Material provided below:
//! A new text for every id of a tree.
use std::alloc::{AllocError, Global};
use std::collections::HashMap;
use swc_tree_items::Text;
use swc_tree_marks::{Id, Ident, JsWord};
use swc_tree_node::Node;

// Gives an id a text of its own, unless it has one.
fn add_text(
    alloc: Global,
    ident: &Ident,
    texts: &mut HashMap<Id, JsWord>,
) -> Result<(), AllocError> {
    let id = ident.to_id()?;
    if !texts.contains_key(&id) {
        let count = texts.len();
        let text = format!(in alloc; "v{count}")?;
        texts.insert(id, Text::from_string(alloc, text)?)?;
    }
    Ok(())
}

#[cycle(texts)]
fn add_texts(
    alloc: Global,
    node: &Node,
    texts: &mut HashMap<Id, JsWord>,
) -> Result<(), AllocError> {
    match node {
        Node::Identifier(_, ident) => add_text(alloc, ident.get(), texts),
        Node::List(nodes) | Node::Tree(_, nodes) => add_each(alloc, nodes.as_slice(), texts),
        _ => Ok(()),
    }
}

#[cycle(texts)]
fn add_each(
    alloc: Global,
    nodes: &[Node],
    texts: &mut HashMap<Id, JsWord>,
) -> Result<(), AllocError> {
    for node in nodes {
        add_texts(alloc, node, texts)?;
    }
    Ok(())
}

/// A text for each id of trees: `v0`, `v1` and so on, in the order in which they first stand.
///
/// # Errors
///
/// `AllocError` where memory is refused.
pub fn text_each(alloc: Global, trees: &[Node]) -> Result<HashMap<Id, JsWord>, AllocError> {
    let mut texts = HashMap::new(alloc);
    add_each(alloc, trees, &mut texts)?;
    Ok(texts)
}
End of Material provided.
◆ **Exercise description**: If a line in the material above holds "count", copy it.

◆ **Exercise output**:
        let count = texts.len();
        let text = format!(in alloc; "v{count}")?;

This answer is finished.